Introducing the Two Main Data Categories of Startup Assistance Organizations.
Despite the largely public sources of funding that business incubators and accelerators receive, very few of them publicly release data on their outcomes. This is often noted as being due to factors like the workload and time-consuming nature of data collection. However, notions that they don’t collect data at all is a misconception.
Studies and think tank reports, like the DEEP Centre’s “Accelerating Canada’s Startup Ecosystem," have concluded that these organizations are making endeavours to analyze their initiatives in-house and that this data can be broadly lumped into two categories: activity-based and economic impact metrics. Both categories provide incubators and accelerators with significant insight into the strengths and weaknesses of their programs and how they benefit early-stage businesses.
Activity-based metrics track outputs and include activities such as the number of events hosted and companies supported. In addition to tracking these activities, many organizations also survey their members and participants to assess the quality of services offered, like events and programming.
Economic Impact Metrics
Most organizations complement their activity tracking efforts, by collecting the economic outcomes associated with those activities. Deep Centre’s report argued that “only by tracking activities and outcomes can incubators and accelerators obtain a more granular understanding of which of their programs are driving economic performance.”
Currently, data gurus at incubators and accelerators are focusing on tracking the following areas to measure economic impact:
Survival Rates. Survival rates include how many graduates are still operating, how many have failed and how many have been acquired.
Company Valuation. For venture capital-backed organizations, company valuation is the preferred measure of success. The assumption is that the valuation of the company is the best way to capture the value that has been created.
Job Creation. Job creation is another standard metric collected and one that public investors are naturally keen to promote.
Revenue. Revenue, either recorded annually or as monthly recurring, is arguably the most conclusive outcome-oriented measure of growth.
Across these categories, the collection of reliable data is key to understand the impact of both individual organizations, as well as the health of their broader ecosystem.
What Else Can Be Done
Data on the effectiveness and outcomes associated with these types of organizations is a cloudy field. With little standardization across these organizations regarding what metrics to collect and publish, the ability to build meaningful analysis is challenging.
For firms that have only started to dip their toes into data collection, focusing their measurement efforts on gathering metrics like the ones listed above is a solid starting point.
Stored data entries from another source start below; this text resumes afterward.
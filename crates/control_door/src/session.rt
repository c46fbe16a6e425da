//! A control connection: the bytes that are not answered yet, and the answer to a piece.
//! Writes the disk; syncs.
ghost use Rattle.std.specs.Prelude.{◌≡◌, ◌⊎◌, ◌+◌, ◌<◌, ◌≤◌, ℕ, [], ◌++◌, length, take, drop, Bool, true, false, if◌then◌else◌};
ghost use Rattle.line_door.specs.Lines.{front, Whole, content};
ghost use Rattle.line_door.specs.Acts.{at_sink};
ghost use Rattle.arch_base.specs.Moments.{last_moment};
ghost use Rattle.arch_model.specs.Next.{continues};
ghost use Rattle.arch_model.specs.Standing.{LastKnown};
ghost use Rattle.control_door.specs.Counting.{Meets, ControlActReads, IsRest, asks_for};
ghost use Rattle.control_door.specs.Orders.{order_of};
ghost use Rattle.control_door.specs.Requests.{is_request, line_limit};

use crate::answers::{reopen, say_requested};
use crate::front::{Aim, Front, Payload, Requested};
use crate::order::{Order, read_order};
use answer_lines::say_memory;
use arch_base::Bytes;
use arch_model::{Keep, Next};
use edge_io::Sink;
use line_door::{Ahead, line_content, next_in};
use std::alloc::Global;
use std::marker::Model;

/// The greatest length of a line with its line end, in octets.
const LINE_LIMIT: usize = 512;

/// The result of one act on the bytes at the front.
#[derive(Clone, Copy, Drop)]
pub(crate) enum Act {
    /// The archive was reopened, or nothing was in doubt.
    Opened,
    /// A request that took this many bytes of the piece was answered, and the session continues.
    Went(usize),
    /// The piece was appended to what is held.
    Kept,
    /// The session is closed.
    Closed,
}

/// A session of a control connection.
///
/// A contract sees it as the bytes that are not answered yet.
#[derive(Drop)]
pub struct Session {
    alloc: Global,
    held: Bytes,
    payload: Option<Payload>,
}

impl Model for Session {
    ghost use Rattle.std.specs.Prelude.{List, ℕ};
    ghost use Rattle.control_door.specs.Sessions.{IsHeldRequest};

    ghost Value = { List ℕ };

    ghost view = { λ s. s.held };

    ghost invariant = { λ s. IsHeldRequest s.held s.payload };
}

impl Session {
    ghost use Rattle.control_door.specs.Sessions.{IsControlAct, IsHeldRequest, IsPayload, order_with, IsRequestFront, ControlActs, TakesRequest, AnswersCommands};

    /// Returns a session without bytes. The control door has no greeting.
    pub fn open(alloc: Global) -> Session
        ensures { result ≡ [] }
    {
        Session {
            alloc,
            held: Bytes::new(alloc),
            payload: None,
        }
    }

    /// Answers the whole requests of a piece in order, and keeps the rest. Returns whether the
    /// session continues.
    ///
    /// `moment` is in seconds since 1970 UTC. The keeper is ready at first. It is reopened before
    /// each further request, which changes nothing of a ready one, and says nothing then. After each
    /// act the keeper matches what stands then: so before the next request is answered its files are
    /// exactly those of the archive, where nothing is in doubt.
    ///
    /// The session ends, and the remaining bytes are dropped:
    ///
    /// * at `quit`, which writes nothing;
    /// * at a line of more than 512 octets with its line end, and at `deliver` and `edit` with a SIZE
    ///   above 9,000,000, which write `13 bad line`;
    /// * if out of memory for a rest that isn't empty, which writes `12 no memory`;
    /// * if reopening fails, which writes `12 no memory` or `10 disk fault`. It writes `11 damaged`
    ///   and a file only if the keeper keeps no archive;
    /// * if a send is lost. A prefix of the words was taken, the sink's count of faults rose, and
    ///   what the request changed stays.
    ///
    /// The contract then says nothing of what the session holds.
    ///
    /// A crash since the call began leaves an archive that stood between two of these acts, or one
    /// that was in doubt there.
    ///
    /// A command, a text, a thread, a list of epochs or a reindexing that runs out of memory writes
    /// `12 no memory`, and the archive is unchanged. If the disk fails at one, it writes
    /// `10 disk fault`, and the keeper's count of faults rose in that act. It stays at each other one of
    /// them. The session continues in both cases. After a fault, only reopening the archive shows
    /// whether a command was carried out.
    ///
    /// The keeper reads no more than the requests that are answered ask for: one text for `show`, 64
    /// for `epochs`, none for `thread`, after which it is ready; and one for a `deliver` or a `remove`
    /// that no other request follows. Nothing bounds what is read for `purge`, `edit` and `reindex`,
    /// nor for a request after a command, before which the archive may have to be reopened.
    pub fn feed<K: Keep, O: Sink>(
        &mut self,
        piece: &[u8],
        moment: u64,
        keep: &mut K,
        out: &mut O,
    ) -> Next
        requires ready { K.ready keep.old ≡ true }
        requires moment { moment ≤ last_moment }
        ensures fed { AnswersCommands K.Keep moment (self.old ++ piece.now) keep.old
            (at_sink O.Sink out.old (K.faults keep.old))
            (continues result) self.new keep.new
            (at_sink O.Sink out.new (K.faults keep.new)) }
        ensures later { K.faults keep.old ≤ K.faults keep.new }
        ensures reads { Meets (asks_for (self.old ++ piece.now)) (K.ready keep.new)
            (K.reads keep.old) (K.reads keep.new) }
        ensures sink { O.alike out.old out.new }
    {
        let mut rest = piece;
        let mut opened = true;
        loop {
            match self.act(rest, opened, moment, keep, out) {
                Act::Opened => opened = true,
                Act::Went(taken) => {
                    rest = rest.split_at(taken).1;
                    opened = false;
                }
                Act::Kept => return Next::Go,
                Act::Closed => return Next::Close,
            }
        }
    }

    /// Does one act on the bytes at the front.
    ///
    /// A whole request is answered only if the archive was reopened right before.
    fn act<K: Keep, O: Sink>(
        &mut self,
        piece: &[u8],
        opened: bool,
        moment: u64,
        keep: &mut K,
        out: &mut O,
    ) -> Act
        requires ready { opened ≡ true → K.ready keep.old ≡ true }
        requires moment { moment ≤ last_moment }
        ensures turn { ControlActs K.Keep moment opened self.old
            piece.now keep.old
            (at_sink O.Sink out.old (K.faults keep.old))
            result self.new keep.new
            (at_sink O.Sink out.new (K.faults keep.new)) }
        ensures takes { TakesRequest opened piece.now result }
        ensures ready { result ≡ Act.Opened → K.ready keep.new ≡ true }
        ensures held { result ≡ Act.Opened → self.new ≡ self.old }
        ensures reads { K.ready keep.old ≡ true → ControlActReads self.old piece.now result self.new
            (K.ready keep.new) (K.reads keep.old) (K.reads keep.new) }
        ensures rest { is_request (self.old ++ piece.now) ≡ false
            → IsRest result (K.reads keep.old) (K.reads keep.new) }
        ensures later { K.faults keep.old ≤ K.faults keep.new }
        ensures sink { O.alike out.old out.new }
    {
        match self.front(piece) {
            Front::Rest(payload) => self.hold(piece, payload, out),
            Front::Whole(request, taken) => {
                if !opened {
                    return reopened(reopen(keep, out));
                }
                let next = say_requested(request, self.alloc, &mut self.held, moment, keep, out);
                self.held.truncate(0);
                self.payload = None;
                went(taken, next)
            }
        }
    }

    /// Keeps a piece that doesn't end a request. An empty piece needs no memory.
    fn hold<O: Sink>(&mut self, piece: &[u8], payload: Option<Payload>, out: &mut O) -> Act
        requires { IsHeldRequest (self.old ++ piece.now) payload }
        ensures turn { (moment disk : ℕ) (opened : Bool) (s : LastKnown)
            → IsControlAct moment opened s self.old piece.now
            (at_sink O.Sink out.old disk)
            result s self.new
            (at_sink O.Sink out.new disk) }
        ensures ends { (result ≡ Act.Kept) ⊎ (result ≡ Act.Closed) }
        ensures sink { O.alike out.old out.new }
    {
        if piece.is_empty() {
            self.payload = payload;
            return Act::Kept;
        }
        if self.held.push_slice(piece).is_err() {
            let _ = say_memory(out);
            return Act::Closed;
        }
        self.payload = payload;
        Act::Kept
    }

    /// Returns the front of what is held and a piece.
    fn front<'a>(&self, piece: &'a [u8]) -> Front<'a>
        ensures { IsRequestFront self.now piece.now result }
    {
        if let Some(payload) = self.payload {
            return self.joined(payload, piece);
        }
        match next_in(self.held.as_slice(), piece, LINE_LIMIT) {
            Ahead::More => Front::Rest(None),
            Ahead::Long => Front::Whole(Requested::Excess, piece.len()),
            Ahead::Line(len) => self.line(len, piece),
        }
    }

    /// Returns the front, if the beginning of a delivery or an edit is held.
    fn joined<'a>(&self, payload: Payload, piece: &'a [u8]) -> Front<'a>
        requires { IsPayload self.now payload.aim payload.start payload.end }
        ensures { IsRequestFront self.now piece.now result }
    {
        let missing = payload.end - self.held.as_slice().len();
        if piece.len() < missing {
            return Front::Rest(Some(payload));
        }
        let last = piece.split_at(missing).0;
        Front::Whole(Requested::Joined(payload.aim, payload.start, last), missing)
    }

    /// Returns the front, if a line ends at this offset of the piece.
    fn line<'a>(&self, len: usize, piece: &'a [u8]) -> Front<'a>
        requires within { len < length piece.now }
        requires short { length self.now + len < line_limit }
        requires line { front line_limit (self.now ++ piece.now)
            ≡ Whole (self.now ++ take len piece.now) (drop (len + 1) piece.now) }
        ensures { IsRequestFront self.now piece.now result }
    {
        match line_order(self.held.as_slice(), &piece[..len]) {
            Order::Deliver(size) => self.message(Aim::New, size, len, piece),
            Order::Edit(number, size) => self.message(Aim::InPlaceOf(number), size, len, piece),
            Order::TooMuch => Front::Whole(Requested::Excess, len + 1),
            Order::Show(number) => Front::Whole(Requested::Text(number), len + 1),
            Order::Remove(number) => Front::Whole(Requested::Removal(number), len + 1),
            Order::Purge(number) => Front::Whole(Requested::Purge(number), len + 1),
            Order::Thread(number) => Front::Whole(Requested::Thread(number), len + 1),
            Order::Epochs => Front::Whole(Requested::Epochs, len + 1),
            Order::Reindex => Front::Whole(Requested::Reindexing, len + 1),
            Order::Quit => Front::Whole(Requested::Quit, len + 1),
            Order::Bad => Front::Whole(Requested::Mistake, len + 1),
        }
    }

    /// Returns the front, if the line that ends at this offset of the piece announces a message.
    fn message<'a>(&self, aim: Aim, size: u32, len: usize, piece: &'a [u8]) -> Front<'a>
        requires within { len < length piece.now }
        requires short { length self.now + len < line_limit }
        requires line { front line_limit (self.now ++ piece.now)
            ≡ Whole (self.now ++ take len piece.now) (drop (len + 1) piece.now) }
        requires order { order_of (content (self.now ++ take len piece.now)) ≡ order_with aim size }
        ensures { IsRequestFront self.now piece.now result }
    {
        let size = size as usize;
        let (_line, after) = piece.split_at(len + 1);
        if size <= after.len() {
            let message = after.split_at(size).0;
            return Front::Whole(Requested::Message(aim, message), len + 1 + size);
        }
        let start = self.held.as_slice().len() + len + 1;
        let end = start + size;
        Front::Rest(Some(Payload { aim, start, end }))
    }
}

/// Continues if reopening succeeded, otherwise closes.
fn reopened(next: Next) -> Act
    ensures { result ≡ (if continues next then Act.Opened else Act.Closed) }
{
    match next {
        Next::Go => Act::Opened,
        Next::Close => Act::Closed,
    }
}

/// Continues after a request that took `taken` bytes of the piece, or closes.
fn went(taken: usize, next: Next) -> Act
    ensures { result ≡ (if continues next then Act.Went taken else Act.Closed) }
{
    match next {
        Next::Go => Act::Went(taken),
        Next::Close => Act::Closed,
    }
}

/// Reads the order of a line, the first part of which is held.
fn line_order(held: &[u8], line: &[u8]) -> Order
    requires { length held.now + length line.now < line_limit }
    ensures { result ≡ order_of (content (held.now ++ line.now)) }
{
    if held.is_empty() {
        return read_order(line_content(line));
    }
    let mut whole = [0u8; LINE_LIMIT];
    join(&mut whole, held, line);
    read_order(line_content(&whole[..held.len() + line.len()]))
}

/// Copies two slices, one after the other, to the front of a buffer.
fn join(buffer: &mut [u8], first: &[u8], second: &[u8])
    requires { length first.now + length second.now ≤ length buffer.old }
    ensures { take (length first.now + length second.now) buffer.new ≡ first.now ++ second.now }
{
    let (front, back) = buffer.split_at_mut(first.len());
    front.copy_from_slice(first);
    let (middle, _) = back.split_at_mut(second.len());
    middle.copy_from_slice(second);
}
Another tactic that should be considered is the introduction of data reporting contracts. Adding data sharing requirements is a practice that can improve one’s ability to collect key metrics, and simplify the data collection process all-together.
What It All Means
Consistent performance updates of the data collected will keep these organizations well informed, while also forcing them to reevaluate, defend, and question current programs and processes. It will also allow the leaders of these organizations to best adapt to the changing ground underneath them.